> _WORK TO BE COMPLETED_:
Using the records below, output the stretch that opens with the line containing "count_in(&mut self.counts, tenant, phase.is_out());" and closes with the line containing "(LendsSo (the_row J.row)", exactly and including both lines, with nothing more.

> _Stored entries_:
ghost use Rattle.std.specs.Prelude.{◌≡◌, ◌↔◌, ◌≤◌, true, [], is_some, Some, None, IfSome, OnSome, IfNone, IfErr, OnOk, OnErr, false, length, filter, slice_get};
ghost use Rattle.std.specs.Option.{option_copied};
ghost use Rattle.job_table.specs.Table.{AreWaiting, behind, is_out, find_row, jobs_of, add_job, change_job, drop_job};
ghost use Rattle.job_table.specs.Lent.{with_work, in_phase, change_found, IsLent};
ghost use Rattle.job_table.specs.Kept.{whole, IsTable, IsChanging};

use crate::counts::{Counts, begin_counts, count_in, count_out, counts_in, recount};
use crate::queue::{Linked, NO_LINKS, Queue, requeue, unlink};
use crate::{Job, Phase, Work};
use indexmap::IndexMap;
use std::alloc::Global;
use std::marker::Model;

/// A `JobTable` is all tenants' jobs, and the queue of those that wait. Contracts see the jobs in
/// the order of tenants and numbers.
#[derive(Drop)]
pub struct JobTable<J> {
    jobs: IndexMap<(u32, u64), Linked<J>>,
    counts: IndexMap<u32, Counts>,
    queue: Queue,
}

impl<J> Model for JobTable<J> {
    ghost use Rattle.job_table.specs.Table as table;

    ghost Value = { table.TableData };

    ghost use Rattle.job_table.specs.Queue.{jobs_in, line_of};
    ghost use Rattle.job_table.specs.Kept.{rows_of, IsTable};

    ghost view = { λ t. record { rows = rows_of (jobs_in t.jobs.entries); waiting = line_of t.jobs.entries t.queue } };

    ghost invariant = { λ t. IsTable t.jobs.entries t.counts.entries t.queue };
}

/// A `Shift` is the phase that a job has left, and the one that it is in now.
#[derive(Clone, Copy)]
struct Shift {
    was: Phase,
    is: Phase,
}

/// Updates counts and queue after the phase of job `(tenant, seq)` changed.
fn follow<J>(
    jobs: &mut IndexMap<(u32, u64), Linked<J>>,
    counts: &mut IndexMap<u32, Counts>,
    queue: &mut Queue,
    tenant: u32,
    seq: u64,
    shift: Shift,
)
    requires { IsChanging tenant seq shift.was shift.is jobs.old.entries counts.old.entries queue.old }
    ensures table { IsTable jobs.new.entries counts.new.entries queue.new }
    ensures changed { (change : IsChanging tenant seq shift.was shift.is
        jobs.old.entries counts.old.entries queue.old)
        → whole jobs.new.entries queue.new
        ≡ change_job tenant seq change.old.job change.then (whole change.before queue.old) }
{
    let Shift { was, is } = shift;
    recount(counts, tenant, was.is_out(), is.is_out());
    requeue(jobs, queue, tenant, seq, was.is_waiting(), is.is_waiting());
}

impl<J> JobTable<J> {
    ghost use Rattle.std.specs.Borrow.{LendsSo, sem};
    ghost use Rattle.job_table.specs.contracts.table.JobTable.{the_row};
    ghost use Rattle.job_table.specs.Rows.{work_row};

    /// An empty table. Takes no memory.
    pub fn new(alloc: Global) -> JobTable<J>
        ensures { result ≡ record { rows = []; waiting = [] } }
    {
        JobTable {
            jobs: IndexMap::new(alloc),
            counts: IndexMap::new(alloc),
            queue: Queue {
                first: None,
                last: None,
                len: 0,
            },
        }
    }

    /// The number of jobs of all tenants.
    pub fn len(&self) -> usize
        ensures { result ≡ length self.now.rows }
    {
        self.jobs.len()
    }

    /// Adds a job, or hands it back if there is no memory. No later change of it takes memory.
    pub fn insert(&mut self, tenant: u32, job: Job<J>) -> Result<(), Job<J>>
        requires { find_row tenant job.seq self.old.rows ≡ None }
        ensures added { OnOk result (self.new ≡ add_job tenant job self.old) }
        ensures kept { OnErr result (self.new ≡ self.old) }
        ensures back { IfErr result (λ refused. refused ≡ job) }
    {
        let Ok(()) = begin_counts(&mut self.counts, tenant) else {
            return Err(job);
        };
        let _jobs = self.jobs.len();
        let (seq, phase) = (job.seq(), job.phase());
        let linked = Linked {
            job,
            links: NO_LINKS,
        };
        match self.jobs.insert((tenant, seq), linked) {
            Ok(None) => {}
            Ok(Some(other)) => return Err(other.job),
            Err(refused) => {
                let (_, linked) = refused.value;
                return Err(linked.job);
            }
        }
        count_in(&mut self.counts, tenant, phase.is_out());
        requeue(
            &mut self.jobs,
            &mut self.queue,
            tenant,
            seq,
            false,
            phase.is_waiting(),
        );
        Ok(())
    }

    /// Job `seq` of `tenant`.
    pub fn find(&self, tenant: u32, seq: u64) -> Option<&Job<J>>
        ensures { option_copied result ≡ find_row tenant seq self.now.rows }
    {
        match self.jobs.get(&(tenant, seq)) {
            Some(linked) => Some(&linked.job),
            None => None,
        }
    }

    /// Lends the work of job `seq` of `tenant`. Takes no memory.
    pub fn find_mut(&mut self, tenant: u32, seq: u64) -> Option<&mut Work<J>>
        ensures* writes_back { sem 𝓛
            (LendsSo (the_row J.row) (work_row J.row) self.entry result
            (λ new work. OnSome result (new ≡ change_found tenant seq (with_work work) self.old))
            (λ new. new ≡ self.old)) }
        ensures lent { IfSome result (λ work. IsLent self.old.rows tenant seq work.now) }
        ensures none { IfNone result (find_row tenant seq self.old.rows ≡ None) }
    {
        let Some(linked) = self.jobs.get_mut(&(tenant, seq)) else {
            return None;
        };
        Some(linked.job.work_mut())
    }

    /// Puts job `seq` of `tenant` in another phase, at the end of the queue or out of it. Returns
    /// false if there is no such job. Takes no memory.
    pub fn set_phase(&mut self, tenant: u32, seq: u64, phase: Phase) -> bool
        ensures found { result ≡ is_some (find_row tenant seq self.old.rows) }
        ensures put { self.new ≡ change_found tenant seq (in_phase phase) self.old }
    {
        let (jobs, counts, queue) = (&mut self.jobs, &mut self.counts, &mut self.queue);
        let Some(linked) = jobs.get_mut(&(tenant, seq)) else {
            return false;
        };
        let was = linked.job.phase();
        linked.job.set_phase(phase);
        follow(jobs, counts, queue, tenant, seq, Shift { was, is: phase });
        true
    }

    /// The number of the tenant's jobs.
    pub fn count_of(&self, tenant: u32) -> usize
        ensures { result ≡ length (jobs_of tenant self.now.rows) }
    {
        counts_in(&self.counts, tenant).kept
    }

    /// The number of the tenant's jobs whose turn is out.
    pub fn out_of(&self, tenant: u32) -> usize
        ensures { result ≡ length (filter (λ job. is_out job.phase) (jobs_of tenant self.now.rows)) }
    {
        counts_in(&self.counts, tenant).out
    }

    /// The length of the queue, in which each waiting job is once.
    pub fn waiting_len(&self) -> usize
        ensures len { result ≡ length self.now.waiting }
        ensures most { result ≤ length self.now.rows }
        ensures waiting { AreWaiting self.now }
    {
        self.queue.len
    }

    /// The tenant and number of the job at place `i` of the queue, from 0. Walks over those before
    /// it.
    pub fn waiting(&self, i: usize) -> Option<(u32, u64)>
        ensures key { result ≡ slice_get self.now.waiting i }
        ensures waiting { AreWaiting self.now }
    {
        let mut at = self.first_waiting();
        for k in 0..i {
            let Some((tenant, seq)) = at else {
                return None;
            };
            at = self.next_waiting(tenant, seq);
        }
        at
    }

    /// The head of the queue.
    pub fn first_waiting(&self) -> Option<(u32, u64)>
        ensures key { result ≡ slice_get self.now.waiting 0 }
        ensures waiting { AreWaiting self.now }
    {
        self.queue.first
    }

    /// The job behind this one in the queue. `None` if it is the last, or not in the queue.
    pub fn next_waiting(&self, tenant: u32, seq: u64) -> Option<(u32, u64)>
        ensures key { result ≡ behind tenant seq self.now.waiting }
        ensures waiting { AreWaiting self.now }
    {
        match self.jobs.get(&(tenant, seq)) {
            Some(linked) => linked.links.behind,
            None => None,
        }
    }

    /// Removes job `seq` of `tenant`. The others keep their order.
    pub fn remove(&mut self, tenant: u32, seq: u64) -> Option<Job<J>>
        ensures found { result ≡ find_row tenant seq self.old.rows }
        ensures rest { self.new ≡ drop_job tenant seq self.old }
    {
        let Some(Linked { job, links }) = self.jobs.swap_remove(&(tenant, seq)) else {
            return None;
        };
        let phase = job.phase();
        count_out(&mut self.counts, tenant, phase.is_out());
        if !phase.is_waiting() {
            return Some(job);
        }
        unlink(&mut self.jobs, &mut self.queue, links);
        Some(job)
    }
}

> _FINISHED EXERCISE_:
        count_in(&mut self.counts, tenant, phase.is_out());
        requeue(
            &mut self.jobs,
            &mut self.queue,
            tenant,
            seq,
            false,
            phase.is_waiting(),
        );
        Ok(())
    }

    /// Job `seq` of `tenant`.
    pub fn find(&self, tenant: u32, seq: u64) -> Option<&Job<J>>
        ensures { option_copied result ≡ find_row tenant seq self.now.rows }
    {
        match self.jobs.get(&(tenant, seq)) {
            Some(linked) => Some(&linked.job),
            None => None,
        }
    }

    /// Lends the work of job `seq` of `tenant`. Takes no memory.
    pub fn find_mut(&mut self, tenant: u32, seq: u64) -> Option<&mut Work<J>>
        ensures* writes_back { sem 𝓛
            (LendsSo (the_row J.row) (work_row J.row) self.entry result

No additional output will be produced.